Americans watched in horror as a conservative champion was gunned down in broad daylight on a college campus.
The assassination sent Charlie Kirk's security team searching for answers.
And Charlie Kirk's Security Chief revealed one tragic failure that left jaws on the floor.
Security director warned about exact rooftop used by assassin
Two days before Tyler Robinson fired the shot that killed Charlie Kirk, the warning came through crystal clear.
Brian Harpole, a veteran cop running Kirk's security detail, texted Utah Valley University Police Chief Jeff Long about students having unrestricted access to rooftops overlooking the speaking area.
Not just any rooftops — the exact building Robinson would use 48 hours later.

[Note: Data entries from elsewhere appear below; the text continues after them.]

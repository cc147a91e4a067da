// Bytes and words of a slice, and bits of a number. In machine code a read is one load, a write one store.
#![tactic(auto)]

ghost use Rattle.std.specs.Prelude.{◌≡◌, ◌+◌, ◌≤◌, ◌<◌, eqb, length, replicate};
ghost use Rattle.rules.specs.Bits.{is_on, part as part_of, word_at, word_put};
ghost use Rattle.rules.specs.Refusals.{all_zero};
ghost use Rattle.words.specs.Eight.{eight_at};

// Eight bytes, each at its own weight.
fn read_eight(s: &[u8], at: usize) -> u64
    requires { at + 8 ≤ length s.now }
    ensures { result ≡ eight_at s.now at }
{
    u64::from(s[at])
        + u64::from(s[at + 1]) * 0x100
        + u64::from(s[at + 2]) * 0x1_0000
        + u64::from(s[at + 3]) * 0x100_0000
        + u64::from(s[at + 4]) * 0x1_0000_0000
        + u64::from(s[at + 5]) * 0x100_0000_0000
        + u64::from(s[at + 6]) * 0x1_0000_0000_0000
        + u64::from(s[at + 7]) * 0x100_0000_0000_0000
}

// The word of 64 bits at a place.
pub fn read_word(s: &[u8], at: usize) -> u64
    requires { at + 8 ≤ length s.now }
    ensures { result ≡ word_at s.now at }
{
    read_eight(s, at)
}

// The word of 64 bits at a place is stored.
pub fn write_word(s: &mut [u8], at: usize, x: u64)
    requires { at + 8 ≤ length s.old }
    ensures { s.new ≡ word_put s.old at x }
{
    s[at] = (x % 256) as u8;
    s[at + 1] = (x / 0x100 % 256) as u8;
    s[at + 2] = (x / 0x1_0000 % 256) as u8;
    s[at + 3] = (x / 0x100_0000 % 256) as u8;
    s[at + 4] = (x / 0x1_0000_0000 % 256) as u8;
    s[at + 5] = (x / 0x100_0000_0000 % 256) as u8;
    s[at + 6] = (x / 0x1_0000_0000_0000 % 256) as u8;
    s[at + 7] = (x / 0x100_0000_0000_0000 % 256) as u8;
}

// All bytes or-ed together, with no early exit: 0 exactly if all are.
pub fn gather(s: &[u8]) -> u8
    ensures { eqb result 0 ≡ all_zero s.now }
{
    s.iter().fold(0, |all, byte| all | byte)
}

// Every byte is zero.
pub fn clear(s: &mut [u8])
    ensures { s.new ≡ replicate (length s.old) 0 }
{
    s.fill(0);
}

// Whether bit k is set.
pub fn is_on(k: u64, x: u64) -> bool
    requires { k < 64 }
    ensures { result ≡ is_on k x }
{
    (x >> k) % 2 == 1
}

// Bits h - 1 down to l, where they stand.
pub fn part(h: u64, l: u64, x: u64) -> u64
    requires { (l ≤ h) × (h < 64) }
    ensures { result ≡ part_of h l x }
{
    ((x % (1 << h)) >> l) << l
}
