// Readings of an image's records, all total: past the image's end a byte is 0, a place is the end, a name is empty.
#![tactic(auto)]

ghost use Rattle.std.specs.Prelude.{◌≡◌, ◌+◌, ◌≤◌, ◌<◌, min, length};
ghost use Rattle.rules.specs.Bytes.{byte_at, le32, le64, kind_at, inside, after, int_at, op_at, name_at, eq_name};
ghost use Rattle.rules.specs.Read.{places_from, places_in};
ghost use Rattle.std.specs.Iterator.{YieldsFirst, item_count};
ghost use Rattle.records.specs.Records.{places_left};
ghost use Rattle.records.specs.Keys.{key_of};
ghost use Rattle.records.specs.Cells.{place_in, number_in, Beside};

// Cells for the names of a function (01: 512): two for each, and their count.
pub const NAMES: usize = 1025;

// The byte at i.
fn byte(img: &[u8], i: usize) -> u64
    ensures { (result ≡ byte_at img.now i) × (result < 256) }
{
    if i < img.len() { u64::from(img[i]) } else { 0 }
}

// Four bytes that are there: one load.
fn word_in(img: &[u8], i: usize) -> u64
    requires { i + 4 ≤ length img.now }
    ensures { (result ≡ le32 img.now i) × (result < 4294967296) }
{
    u64::from(img[i])
        + 256 * u64::from(img[i + 1])
        + 65536 * u64::from(img[i + 2])
        + 16777216 * u64::from(img[i + 3])
}

// Eight.
pub fn eight_in(img: &[u8], i: usize) -> u64
    requires { i + 8 ≤ length img.now }
    ensures { result ≡ le64 img.now i }
{
    word_in(img, i) + 4294967296 * word_in(img, i + 4)
}

// The four bytes from i on where fewer are left: names are often as short.
fn few(img: &[u8], i: usize) -> u64
    requires { (i ≤ length img.now) × (length img.now < i + 4) }
    ensures { (result ≡ le32 img.now i) × (result < 4294967296) }
{
    let n = img.len() - i;
    if n == 0 {
        return 0;
    }
    let a = u64::from(img[i]);
    if n == 1 {
        return a;
    }
    let b = a + 256 * u64::from(img[i + 1]);
    if n == 2 {
        return b;
    }
    b + 65536 * u64::from(img[i + 2])
}

// The four bytes from i on, the lowest first.
pub fn word32(img: &[u8], i: usize) -> u64
    ensures { (result ≡ le32 img.now i) × (result < 4294967296) }
{
    let n = img.len();
    let j = i.min(n);
    if n - j < 4 {
        return few(img, j);
    }
    word_in(img, j)
}

// The kind of a record that the image's end may cut.
fn kind_cut(img: &[u8], i: usize) -> u64
    requires { i ≤ length img.now }
    ensures { (result ≡ kind_at img.now i) × (result < 65536) }
{
    let a = byte(img, i + 4);
    let b = byte(img, i + 5);
    a + 256 * b
}

// The kind of the record at i (01: a record's bytes 4 and 5).
pub fn kind(img: &[u8], i: usize) -> u64
    ensures { (result ≡ kind_at img.now i) × (result < 65536) }
{
    let n = img.len();
    if i < n {
        if 6 <= n - i {
            return u64::from(img[i + 4]) + 256 * u64::from(img[i + 5]);
        }
    }
    kind_cut(img, i.min(n))
}

// Where the payload of the record at i starts.
pub fn body(img: &[u8], i: usize) -> usize
    ensures { (result ≡ inside img.now i) × (result ≤ length img.now) }
{
    let n = img.len();
    if i < n {
        if 6 <= n - i {
            return i + 6;
        }
    }
    n
}

// The place past the record at i: the end where not even its length is there.
pub fn past(img: &[u8], i: usize) -> usize
    ensures { (result ≡ after img.now i) × (result ≤ length img.now) }
{
    let n = img.len();
    if i < n {
        let left = n - i;
        if 4 <= left {
            let size = word_in(img, i) as usize;
            if size <= left - 4 {
                return i + 4 + size;
            }
        }
    }
    n
}

// The number of the Int at i.
pub fn int(img: &[u8], i: usize) -> u64
    ensures { result ≡ int_at img.now i }
{
    let p = body(img, i);
    if img.len() - p < 8 {
        return word32(img, p) + 4294967296 * word32(img, p + 4);
    }
    eight_in(img, p)
}

// The byte of the Op or Flag at i.
pub fn op(img: &[u8], i: usize) -> u64
    ensures { (result ≡ op_at img.now i) × (result < 256) }
{
    byte(img, body(img, i))
}

// The bytes of the Name at i.
pub fn name(img: &[u8], i: usize) -> &[u8]
    ensures { result.now ≡ name_at img.now i }
{
    let n = img.len();
    if i < n {
        let left = n - i;
        if 6 <= left {
            let size = word_in(img, i) as usize;
            if 2 <= size {
                if size <= left - 4 {
                    return &img[i + 6..i + 4 + size];
                }
            }
        }
    }
    let a = body(img, i);
    let e = past(img, i);
    if a <= e { &img[a..e] } else { &img[a..a] }
}

// Names of eight bytes and more: the last eight first, where names of one length differ most often.
fn same_long(a: &[u8], b: &[u8]) -> bool
    requires { (8 ≤ length a.now) × (length a.now ≡ length b.now) }
    ensures { result ≡ eq_name a.now b.now }
{
    let n = a.len();
    if eight_in(a, n - 8) != eight_in(b, n - 8) {
        return false;
    }
    let mut i = 0;
    while 8 < n - i {
        if eight_in(a, i) != eight_in(b, i) {
            return false;
        }
        i += 8;
    }
    true
}

// Names of four to seven bytes: the last four and the first four overlap.
fn same_four(a: &[u8], b: &[u8]) -> bool
    requires { (4 ≤ length a.now) × ((length a.now < 8) × (length a.now ≡ length b.now)) }
    ensures { result ≡ eq_name a.now b.now }
{
    let n = a.len();
    if word_in(a, n - 4) != word_in(b, n - 4) {
        return false;
    }
    if word_in(a, 0) != word_in(b, 0) {
        return false;
    }
    true
}

// Shorter ones.
fn same_few(a: &[u8], b: &[u8]) -> bool
    requires { length a.now ≡ length b.now }
    ensures { result ≡ eq_name a.now b.now }
{
    for i in 0..a.len() {
        if a[i] != b[i] {
            return false;
        }
    }
    true
}

// Whether two byte strings are the same.
pub fn same(a: &[u8], b: &[u8]) -> bool
    ensures { result ≡ eq_name a.now b.now }
{
    if a.len() != b.len() {
        return false;
    }
    if 8 <= a.len() {
        return same_long(a, b);
    }
    if 4 <= a.len() {
        return same_four(a, b);
    }
    same_few(a, b)
}

// Whether the Names at i and j are the same.
pub fn same_name(img: &[u8], i: usize, j: usize) -> bool
    ensures { result ≡ eq_name (name_at img.now i) (name_at img.now j) }
{
    same(name(img, i), name(img, j))
}

// Whether the Name at i is x.
pub fn is_name(img: &[u8], i: usize, x: &[u8]) -> bool
    ensures { result ≡ eq_name (name_at img.now i) x.now }
{
    same(name(img, i), x)
}

// A number that tells most byte strings apart: the first four bytes and the last four.
fn key(x: &[u8]) -> usize
    ensures { result ≡ key_of x.now }
{
    let n = x.len();
    if n < 4 {
        let all = few(x, 0) as usize;
        return all + 4294967296 * all;
    }
    word_in(x, 0) as usize + 4294967296 * (word_in(x, n - 4) as usize)
}

// The key of the Name at i.
pub fn name_key(img: &[u8], i: usize) -> usize
    ensures { result ≡ key_of (name_at img.now i) }
{
    key(name(img, i))
}

// The place p, or the end: the same name stands there.
pub fn within(img: &[u8], p: usize) -> usize
    ensures { (result ≤ length img.now) × ((name_at img.now result ≡ name_at img.now p) × (p ≤ length img.now → result ≡ p)) }
{
    p.min(img.len())
}

// A place and a number in one cell of an array: 01's images have at most 65,536 bytes.
pub fn beside(img: &[u8], p: usize, number: usize) -> usize
    requires { (length img.now ≤ 65536) × (number < 1099511627776) }
    ensures { Beside img.now p number result }
{
    within(img, p) + 131072 * number
}

// The place in a cell.
pub fn place_in(cell: usize) -> usize
    ensures { result ≡ place_in cell }
{
    cell % 131072
}

// The number beside it.
pub fn number_in(cell: usize) -> usize
    ensures { result ≡ number_in cell }
{
    cell / 131072
}

// The records from a place up to an end, so many at most: the place of each.
#[derive(Clone, Copy)]
pub struct Records<'a> {
    img: &'a [u8],
    at: usize,
    end: usize,
    left: usize,
}

impl Iterator for Records<'_> {
    type Item = usize;

    ghost next_gives = { YieldsFirst places_left };

    ghost remaining = { item_count places_left };

    fn next(&mut self) -> Option<usize> {
        if self.left == 0 || self.end <= self.at {
            return None;
        }
        let place = self.at;
        self.at = past(self.img, place);
        self.left -= 1;
        Some(place)
    }
}

// The records of the List at l.
pub fn list(img: &[u8], l: usize, most: usize) -> Records<'_>
    ensures { places_left result ≡ places_in most img.now l }
{
    Records {
        img,
        at: body(img, l),
        end: past(img, l),
        left: most,
    }
}

// How many records stand from `at` to `end`, `most` at most.
pub fn count(img: &[u8], at: usize, end: usize, most: usize) -> usize
    ensures { result ≡ length (places_from most img.now at end) }
{
    let records = Records {
        img,
        at,
        end,
        left: most,
    };
    records.count()
}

"Hello, Chief Long. We received this message today from the student group," Harpole wrote on September 8, 2025. "There is student roof access pretty close to where CK will be set up at the Utah Valley. The Sorenson Student Center has a couple staircases that go up to the walkways on the roof."
Long asked if Harpole's team needed roof access.
What Harpole said next should haunt everyone at UVU.
"I was told students have access above us," Harpole texted back. "If this is true it would be nice to either have it controlled access or allow one of my guys to be there as well if possible."
Chief Long's response? Three words that would prove deadly.
"I got you covered."
September 10 arrives. Robinson climbs that exact staircase, takes position on that exact roof, and fires the shot that kills Kirk.
Nobody from UVU ever secured it. Nobody blocked the stairwell. Nobody was watching.
Long said he had it covered. He lied.
Podcaster left speechless by damning evidence
Harpole revealed the devastating exchange on The Shawn Ryan Show, holding his phone up to show the actual text messages.
Shawn Ryan — a former Navy SEAL who's seen combat — could barely process what he was hearing.
"Holy s***," Ryan said, stunned.
Here's what makes this even worse. Harpole brought 12 security contractors to UVU that day, nearly double his usual staffing, because he knew the venue was dangerous.
His team built concentric security zones around Kirk. They set up double presidential-style barricades and positioned vehicles as hard barriers behind the stage.
None of it mattered because the threat came from the one place UVU promised to secure but didn't.
"Probably literally all they had to do is post anybody at that stairwell," Harpole said.
Just one cop at one door. That's all it would have taken.
UVU deployed six uniformed officers for 3,000 people in an outdoor venue surrounded by multiple tall buildings with roof access.
Six cops. Three thousand attendees. Multiple unsecured elevated positions.
And when Kirk's security chief flagged the obvious vulnerability and asked for help, UVU's police chief said "I got you covered" and then covered nothing.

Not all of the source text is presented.